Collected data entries
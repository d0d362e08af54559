//! First tables and larger ones.

use super::{
    NumberMap, Refused, adds, assert_same, assert_same_at, map_of, metered, number_at, refuse_each,
    size_of, taken,
};
use flurry_base::hash::{DefaultHashBuilder, KeyHasher, LowHashBuilder, ZeroHashBuilder};
use flurry_bins::bin::Shape;
use flurry_seq::SeqMap;
use metered_alloc::MeteredAlloc;
use std::alloc::{AllocError, Allocator, Global};
use std::process::Abort;

// Creates a map with room for `capacity` pairs, and returns the numbers of its bins and pairs, or `None` if this fails.
fn size_for<A: Allocator + Copy>(memory: A, capacity: usize) -> Option<(usize, usize)> {
    match SeqMap::with_capacity_and_hasher(memory, capacity, LowHashBuilder) {
        Ok(map) => Some(size_of(&map)),
        Err(_) => None,
    }
}

#[test]
fn with_capacity(rt: HostRuntime) {
    let rt = &rt;
    let memory = metered(rt, rt.alloc());
    memory.refuse_from(0);
    assert_same(rt, size_for(memory, 0), Some((0, 0)));
    assert_same(rt, memory.requests(), 0);
    assert_same(rt, size_for(memory, 5), None);
    assert_same(rt, memory.live_blocks(), 0);
    memory.refuse_nothing();
    assert_same(rt, size_for(memory, 5), Some((8, 0)));
    assert_same(rt, memory.requests(), 1);
}

// Creates a map with room for five pairs and the default hasher, and returns whether this fails.
fn default_is_refused<A: Allocator + Copy>(memory: A) -> bool {
    let map: Result<SeqMap<u64, u64, DefaultHashBuilder, A>, AllocError> = SeqMap::with_capacity(
        memory, 5,
    );
    map.is_err()
}

// The same with the default hasher.
#[test]
fn with_capacity_and_the_default_hasher(rt: HostRuntime) {
    let rt = &rt;
    let memory = metered(rt, rt.alloc());
    memory.refuse_from(0);
    assert_same(rt, default_is_refused(memory), true);
    assert_same(rt, memory.live_blocks(), 0);
}

// Reserves room for 32 pairs while the request numbered `k` fails. Returns whether that request was made and the call failed.
fn reserve_is_refused<A: Allocator + Copy>(
    metered: &MeteredAlloc<Global>,
    map: &mut NumberMap<LowHashBuilder, A>,
    k: u64,
) -> bool {
    metered.refuse_at(k);
    let failed = map.reserve(32).is_err();
    let refused = metered.was_refused();
    metered.refuse_nothing();
    refused && failed
}

// Asserts that a map of `bins` bins and the pairs of the keys below `pairs` is as it was, and has the memory that it had, after a `reserve`
// whose only request failed, and has 128 bins after a second one.
fn stays_where_refused<A: Allocator + Copy>(
    rt: &impl Abort,
    metered: &MeteredAlloc<Global>,
    memory: A,
    bins: usize,
    pairs: u64,
) {
    let mut map = map_of(rt, memory, pairs);
    let before = (metered.live_blocks(), metered.live_bytes());
    assert_same(rt, reserve_is_refused(metered, &mut map, 0), true);
    assert_same(rt, size_of(&map), (bins, pairs as usize));
    assert_same(rt, (metered.live_blocks(), metered.live_bytes()), before);
    assert_same(rt, reserve_is_refused(metered, &mut map, 1), false);
    assert_same(rt, map.capacity(), 128);
}

#[test]
fn refused_reserve_leaves_the_map(rt: HostRuntime) {
    let rt = &rt;
    let memory = metered(rt, rt.alloc());
    for (bins, pairs) in [(0, 0), (16, 1)] {
        stays_where_refused(rt, memory, memory, bins, pairs);
    }
    assert_same(rt, memory.live_blocks(), 0);
}

// Inserts an absent key while the request numbered `k`, which is for a larger table, fails. The insertion does not fail.
fn adds_without_a_table<S: KeyHasher<u64>, A: Allocator + Copy>(
    rt: &impl Abort,
    metered: &MeteredAlloc<Global>,
    map: &mut NumberMap<S, A>,
    (key, value): (u64, u64),
    k: u64,
) {
    metered.refuse_at(k);
    let answer = map.insert(key, value);
    let refused = metered.was_refused();
    metered.refuse_nothing();
    assert_same_at(rt, k, refused, true);
    assert_same_at(rt, k, taken(answer.expect(rt, "memory for the pair")), None);
}

// Fills a map up to its threshold, and past it while memory for the larger table is refused.
fn fills_a_table<A: Allocator + Copy>(rt: &impl Abort, metered: &MeteredAlloc<Global>, memory: A) {
    let mut map: NumberMap<LowHashBuilder, A> = SeqMap::with_hasher(memory, LowHashBuilder);
    adds(rt, &mut map, 42, 0);
    for key in 0..10u64 {
        adds(rt, &mut map, key, 42);
    }
    let before = metered.live_blocks();
    adds_without_a_table(rt, metered, &mut map, (10, 42), 3);
    assert_same(rt, size_of(&map), (16, 12));
    assert_same(rt, metered.live_blocks().checked_sub(before), Some(3));
    assert_same(rt, number_at(&map, 10), Some(42));
    adds(rt, &mut map, 11, 42);
    assert_same(rt, size_of(&map), (32, 13));
}

// The twelfth pair makes requests for its key, its value and its node, and then for the larger table.
#[test]
fn row_15(rt: HostRuntime) {
    let memory = metered(&rt, rt.alloc());
    fills_a_table(&rt, memory, memory);
}

// Puts ten keys of one hash into a map, and refuses the ninth the larger table that its bin asks for.
fn keeps_its_table<A: Allocator + Copy>(
    rt: &impl Abort,
    metered: &MeteredAlloc<Global>,
    memory: A,
) {
    let mut map: NumberMap<ZeroHashBuilder, A> = SeqMap::with_hasher(memory, ZeroHashBuilder);
    for key in 0..8u64 {
        adds(rt, &mut map, key, key);
    }
    adds_without_a_table(rt, metered, &mut map, (8, 8), 3);
    assert_same(rt, (map.capacity(), map.shape_of(0)), (16, Shape::List(9)));
    assert_same(rt, number_at(&map, 8), Some(8));
    adds(rt, &mut map, 9, 9);
    assert_same(rt, (map.capacity(), map.shape_of(0)), (16, Shape::Tree(10)));
}

// The ninth key of one hash asks for 128 bins, by one request. The tenth key makes the list a tree in a table of any size.
#[test]
fn refused_growth_keeps_insert(rt: HostRuntime) {
    let rt = &rt;
    let memory = metered(rt, rt.alloc());
    keeps_its_table(rt, memory, memory);
    assert_same(rt, memory.live_blocks(), 0);
}

// Fills one bin of a map, whose growth is refused.
fn fills_a_bin<A: Allocator + Copy>(rt: &impl Abort, metered: &MeteredAlloc<Global>, memory: A) {
    let mut map = map_of(rt, memory, 4);
    for k in 1..8u64 {
        adds(rt, &mut map, 16 * k, k);
    }
    assert_same(rt, size_of(&map), (16, 11));
    adds_without_a_table(rt, metered, &mut map, (128, 8), 3);
    assert_same(rt, size_of(&map), (32, 12));
}

// Of eleven pairs in 16 bins, eight are in one bin. The ninth of that bin asks for 128 bins, and is refused them. Then the count,
// which is the threshold, asks for 32 bins.
#[test]
fn count_grows_after_a_refused_growth(rt: HostRuntime) {
    let memory = metered(&rt, rt.alloc());
    fills_a_bin(&rt, memory, memory);
}

// Fills a map past its threshold while memory for a larger table is refused, and then once with it.
fn fills_without_room<A: Allocator + Copy>(
    rt: &impl Abort,
    metered: &MeteredAlloc<Global>,
    memory: A,
) {
    let mut map = map_of(rt, memory, 11);
    for key in 11..24u64 {
        metered.refuse_from(3);
        adds(rt, &mut map, key, key);
        metered.refuse_nothing();
    }
    assert_same(rt, size_of(&map), (16, 24));
    adds(rt, &mut map, 24, 24);
    assert_same(rt, size_of(&map), (64, 25));
}

// Thirteen insertions reach or pass the threshold of 16 bins, and for none of them memory for a larger table can be allocated. The next
// insertion doubles the table twice.
#[test]
fn count_grows_until_there_is_room(rt: HostRuntime) {
    let memory = metered(&rt, rt.alloc());
    fills_without_room(&rt, memory, memory);
}

// The insertion that grows a map of eleven pairs to 32 bins.
struct Grows;

impl Refused for Grows {
    fn run_refusing<A: Allocator + Copy>(
        &self,
        rt: &impl Abort,
        metered: &MeteredAlloc<Global>,
        memory: A,
        k: u64,
    ) -> bool {
        let mut map = map_of(rt, memory, 11);
        metered.refuse_at(k);
        let is_new = match map.insert(11, 11) {
            Ok(old) => Some(old.is_none()),
            Err(_) => None,
        };
        let refused = metered.was_refused();
        metered.refuse_nothing();
        let len = if is_new.is_none() { 11 } else { 12 };
        let bins = if refused { 16 } else { 32 };
        assert_same_at(rt, k, size_of(&map), (bins, len));
        assert_same_at(rt, k, map.contains_key(&11), is_new.is_some());
        assert_same_at(rt, k, refused || is_new == Some(true), true);
        refused
    }
}

#[test]
fn each_request_of_a_growing_insert(rt: HostRuntime) {
    refuse_each(&rt, rt.alloc(), &Grows);
}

### Problem to solve
Output only an exact transcription of the lines above from the one with "the table twice." up to and including the one with "impl Refused for".

### Written reply
// insertion doubles the table twice.
#[test]
fn count_grows_until_there_is_room(rt: HostRuntime) {
    let memory = metered(&rt, rt.alloc());
    fills_without_room(&rt, memory, memory);
}

// The insertion that grows a map of eleven pairs to 32 bins.
struct Grows;

impl Refused for Grows {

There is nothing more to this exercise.